PROBLEM REQUIREMENTS: What you return should be the full listing, exactly as given.

DATA FOR THIS EXERCISE:

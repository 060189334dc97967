//! Texts that lie in bytes, tested for UTF-8 many at a time.
//!
//! A test of a short text takes about as long as one of a hundred bytes. So a portion of the bytes is tested at once, and a text that lies
//! in it is one if it begins and ends between two characters. It costs a test of bytes of which no text is taken: fewer than 4 KiB
//! after the last one, and few if a call is for few rows. If a portion is not UTF-8, each text in it is tested again, alone.

ghost use Rattle.std.specs.Prelude.{◌≡◌, ◌+◌, ◌≤◌, ◌<◌, ◌^◌, IfSome, Some, drop, length, take};
ghost use Rattle.lp_offsets.specs.Portions.{IsTextOf};

/// How many bytes are tested at once, at most, but for a text that is longer.
const MOST: usize = 4096;

// Of a text with fewer bytes std's test is the fastest.
const SHORT: usize = 64;

// A text with as many bytes gains nothing by a portion.
const LONG: usize = 1024;

/// A portion of bytes that was tested.
#[derive(Clone, Copy)]
pub struct Portion<'a> {
    /// The bytes.
    pub bytes: &'a [u8],
    /// Where it begins.
    pub from: usize,
    /// What it says.
    pub text: &'a str,
    /// For how many texts the next one is, at most.
    pub texts: usize,
    pub ghost lies: { text.now ≡ take (length text.now) (drop from bytes.now) },
}

/// A portion of none of these bytes. The next one is for so many texts.
#[inline]
pub fn no_portion<'a>(bytes: &'a [u8], texts: usize) -> Portion<'a>
    ensures { result.bytes.now ≡ bytes.now }
{
    Portion {
        bytes,
        from: 0,
        text: "",
        texts,
    }
}

// The text that bytes are, if they are UTF-8. Std's test of a short text is made without a call of the other one.
#[inline(always)]
fn text_of(bytes: &[u8]) -> Option<&str>
    ensures { IsTextOf bytes.now result }
{
    if bytes.len() < SHORT {
        str::from_utf8(bytes).ok()
    } else {
        simdutf8::basic::from_utf8(bytes).ok()
    }
}

// The same of so many bytes at a place.
#[inline(always)]
fn text_alone(bytes: &[u8], at: usize, len: usize) -> Option<&str>
    requires { at + len ≤ length bytes.now }
    ensures { IsTextOf (take len (drop at bytes.now)) result }
{
    text_of(&bytes[at..at + len])
}

// Whether a character goes on with this byte.
fn goes_on(byte: u8) -> bool {
    matches!(byte, 0x80..=0xBF)
}

// Where a portion ends that could end here: up to three bytes before, so that no character is cut, but not before the least end.
fn end_before(bytes: &[u8], least: usize, most: usize) -> usize
    requires { (least ≤ most) × (most ≤ length bytes.now) }
    ensures { (least ≤ result) × (result ≤ most) }
{
    let mut end = most;
    while least < end && most - end < 3 && end < bytes.len() && goes_on(bytes[end]) {
        end -= 1;
    }
    end
}

// The portion after another one from a place on, as far as the least end and some bytes further: for texts of so many bytes. If it is not
// UTF-8, it is none, at its end.
#[inline(never)]
fn portion_from<'a>(before: &Portion<'a>, from: usize, least: usize, each: usize) -> Portion<'a>
    requires { (from ≤ least) × (least ≤ length before.now.bytes.now) }
    ensures { result.bytes.now ≡ before.now.bytes.now }
{
    let bytes = before.bytes;
    let texts = before.texts;
    let size = texts.saturating_mul(each).min(MOST);
    let most = from.saturating_add(size).max(least).min(bytes.len());
    let until = end_before(bytes, least, most);
    let Some(text) = text_of(&bytes[from..until]) else {
        return Portion {
            bytes,
            from: until,
            text: "",
            texts,
        };
    };
    Portion {
        bytes,
        from,
        text,
        texts,
    }
}

impl<'a> Portion<'a> {
    // Where it ends.
    #[inline(always)]
    fn end(&self) -> usize {
        self.from.wrapping_add(self.text.len())
    }

    // The text of so many bytes at a place, if they lie in this portion, between two characters.
    #[inline(always)]
    fn text_in(&self, at: usize, len: usize) -> Option<&'a str>
        requires { at + len < 2 ^ 64 }
        ensures { IfSome result (λ text. IsTextOf (take len (drop at self.now.bytes.now)) (Some text)) }
    {
        if at < self.from {
            return None;
        }
        let start = at - self.from;
        let text = self.text.get(start..start + len)?;
        // The proof takes from this call that a text is UTF-8.
        let _bytes = text.as_bytes();
        Some(text)
    }

    /// The text of so many bytes at a place, if they are UTF-8.
    #[inline(always)]
    pub fn text_at(&self, at: usize, len: usize) -> Option<&'a str>
        requires { at + len ≤ length self.now.bytes.now }
        ensures { IsTextOf (take len (drop at self.now.bytes.now)) result }
    {
        match self.text_in(at, len) {
            Some(text) => Some(text),
            None => text_alone(self.bytes, at, len),
        }
    }

    // The same of a text that does not lie in this portion. If it ends after it, the next portion begins with it, unless it is long: for
    // texts as long as this one.
    #[inline(never)]
    fn text_past(&mut self, at: usize, len: usize) -> Option<&'a str>
        requires { at + len ≤ length self.old.bytes.now }
        ensures bytes { self.new.bytes.now ≡ self.old.bytes.now }
        ensures text { IsTextOf (take len (drop at self.old.bytes.now)) result }
    {
        if LONG <= len || at + len <= self.end() {
            return text_alone(self.bytes, at, len);
        }
        *self = portion_from(self, at, at + len, len + 1);
        self.text_at(at, len)
    }

    /// The same of the next text.
    #[inline(always)]
    pub fn next_text(&mut self, at: usize, len: usize) -> Option<&'a str>
        requires { at + len ≤ length self.old.bytes.now }
        ensures bytes { self.new.bytes.now ≡ self.old.bytes.now }
        ensures text { IsTextOf (take len (drop at self.old.bytes.now)) result }
    {
        match self.text_in(at, len) {
            Some(text) => Some(text),
            None => self.text_past(at, len),
        }
    }

    /// Begins the next portion at a place that this one does not reach, for texts of so many bytes.
    #[inline]
    pub fn move_to(&mut self, at: usize, each: usize)
        ensures { self.new.bytes.now ≡ self.old.bytes.now }
    {
        if self.end() <= at && at <= self.bytes.len() {
            *self = portion_from(self, at, at, each);
        }
    }
}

RESPONSE FOR THIS EXERCISE:
repository 060189334dc97967
//! Texts that lie in bytes, tested for UTF-8 many at a time.
//!
//! A test of a short text takes about as long as one of a hundred bytes. So a portion of the bytes is tested at once, and a text that lies
//! in it is one if it begins and ends between two characters. It costs a test of bytes of which no text is taken: fewer than 4 KiB
//! after the last one, and few if a call is for few rows. If a portion is not UTF-8, each text in it is tested again, alone.

ghost use Rattle.std.specs.Prelude.{◌≡◌, ◌+◌, ◌≤◌, ◌<◌, ◌^◌, IfSome, Some, drop, length, take};
ghost use Rattle.lp_offsets.specs.Portions.{IsTextOf};

/// How many bytes are tested at once, at most, but for a text that is longer.
const MOST: usize = 4096;

// Of a text with fewer bytes std's test is the fastest.
const SHORT: usize = 64;

// A text with as many bytes gains nothing by a portion.
const LONG: usize = 1024;

/// A portion of bytes that was tested.
#[derive(Clone, Copy)]
pub struct Portion<'a> {
    /// The bytes.
    pub bytes: &'a [u8],
    /// Where it begins.
    pub from: usize,
    /// What it says.
    pub text: &'a str,
    /// For how many texts the next one is, at most.
    pub texts: usize,
    pub ghost lies: { text.now ≡ take (length text.now) (drop from bytes.now) },
}

/// A portion of none of these bytes. The next one is for so many texts.
#[inline]
pub fn no_portion<'a>(bytes: &'a [u8], texts: usize) -> Portion<'a>
    ensures { result.bytes.now ≡ bytes.now }
{
    Portion {
        bytes,
        from: 0,
        text: "",
        texts,
    }
}

// The text that bytes are, if they are UTF-8. Std's test of a short text is made without a call of the other one.
#[inline(always)]
fn text_of(bytes: &[u8]) -> Option<&str>
    ensures { IsTextOf bytes.now result }
{
    if bytes.len() < SHORT {
        str::from_utf8(bytes).ok()
    } else {
        simdutf8::basic::from_utf8(bytes).ok()
    }
}

// The same of so many bytes at a place.
#[inline(always)]
fn text_alone(bytes: &[u8], at: usize, len: usize) -> Option<&str>
    requires { at + len ≤ length bytes.now }
    ensures { IsTextOf (take len (drop at bytes.now)) result }
{
    text_of(&bytes[at..at + len])
}

// Whether a character goes on with this byte.
fn goes_on(byte: u8) -> bool {
    matches!(byte, 0x80..=0xBF)
}

// Where a portion ends that could end here: up to three bytes before, so that no character is cut, but not before the least end.
fn end_before(bytes: &[u8], least: usize, most: usize) -> usize
    requires { (least ≤ most) × (most ≤ length bytes.now) }
    ensures { (least ≤ result) × (result ≤ most) }
{
    let mut end = most;
    while least < end && most - end < 3 && end < bytes.len() && goes_on(bytes[end]) {
        end -= 1;
    }
    end
}

// The portion after another one from a place on, as far as the least end and some bytes further: for texts of so many bytes. If it is not
// UTF-8, it is none, at its end.
#[inline(never)]
fn portion_from<'a>(before: &Portion<'a>, from: usize, least: usize, each: usize) -> Portion<'a>
    requires { (from ≤ least) × (least ≤ length before.now.bytes.now) }
    ensures { result.bytes.now ≡ before.now.bytes.now }
{
    let bytes = before.bytes;
    let texts = before.texts;
    let size = texts.saturating_mul(each).min(MOST);
    let most = from.saturating_add(size).max(least).min(bytes.len());
    let until = end_before(bytes, least, most);
    let Some(text) = text_of(&bytes[from..until]) else {
        return Portion {
            bytes,
            from: until,
            text: "",
            texts,
        };
    };
    Portion {
        bytes,
        from,
        text,
        texts,
    }
}

impl<'a> Portion<'a> {
    // Where it ends.
    #[inline(always)]
    fn end(&self) -> usize {
        self.from.wrapping_add(self.text.len())
    }

    // The text of so many bytes at a place, if they lie in this portion, between two characters.
    #[inline(always)]
    fn text_in(&self, at: usize, len: usize) -> Option<&'a str>
        requires { at + len < 2 ^ 64 }
        ensures { IfSome result (λ text. IsTextOf (take len (drop at self.now.bytes.now)) (Some text)) }
    {
        if at < self.from {
            return None;
        }
        let start = at - self.from;
        let text = self.text.get(start..start + len)?;
        // The proof takes from this call that a text is UTF-8.
        let _bytes = text.as_bytes();
        Some(text)
    }

    /// The text of so many bytes at a place, if they are UTF-8.
    #[inline(always)]
    pub fn text_at(&self, at: usize, len: usize) -> Option<&'a str>
        requires { at + len ≤ length self.now.bytes.now }
        ensures { IsTextOf (take len (drop at self.now.bytes.now)) result }
    {
        match self.text_in(at, len) {
            Some(text) => Some(text),
            None => text_alone(self.bytes, at, len),
        }
    }

    // The same of a text that does not lie in this portion. If it ends after it, the next portion begins with it, unless it is long: for
    // texts as long as this one.
    #[inline(never)]
    fn text_past(&mut self, at: usize, len: usize) -> Option<&'a str>
        requires { at + len ≤ length self.old.bytes.now }
        ensures bytes { self.new.bytes.now ≡ self.old.bytes.now }
        ensures text { IsTextOf (take len (drop at self.old.bytes.now)) result }
    {
        if LONG <= len || at + len <= self.end() {
            return text_alone(self.bytes, at, len);
        }
        *self = portion_from(self, at, at + len, len + 1);
        self.text_at(at, len)
    }

    /// The same of the next text.
    #[inline(always)]
    pub fn next_text(&mut self, at: usize, len: usize) -> Option<&'a str>
        requires { at + len ≤ length self.old.bytes.now }
        ensures bytes { self.new.bytes.now ≡ self.old.bytes.now }
        ensures text { IsTextOf (take len (drop at self.old.bytes.now)) result }
    {
        match self.text_in(at, len) {
            Some(text) => Some(text),
            None => self.text_past(at, len),
        }
    }

    /// Begins the next portion at a place that this one does not reach, for texts of so many bytes.
    #[inline]
    pub fn move_to(&mut self, at: usize, each: usize)
        ensures { self.new.bytes.now ≡ self.old.bytes.now }
    {
        if self.end() <= at && at <= self.bytes.len() {
            *self = portion_from(self, at, at, each);
        }
    }
}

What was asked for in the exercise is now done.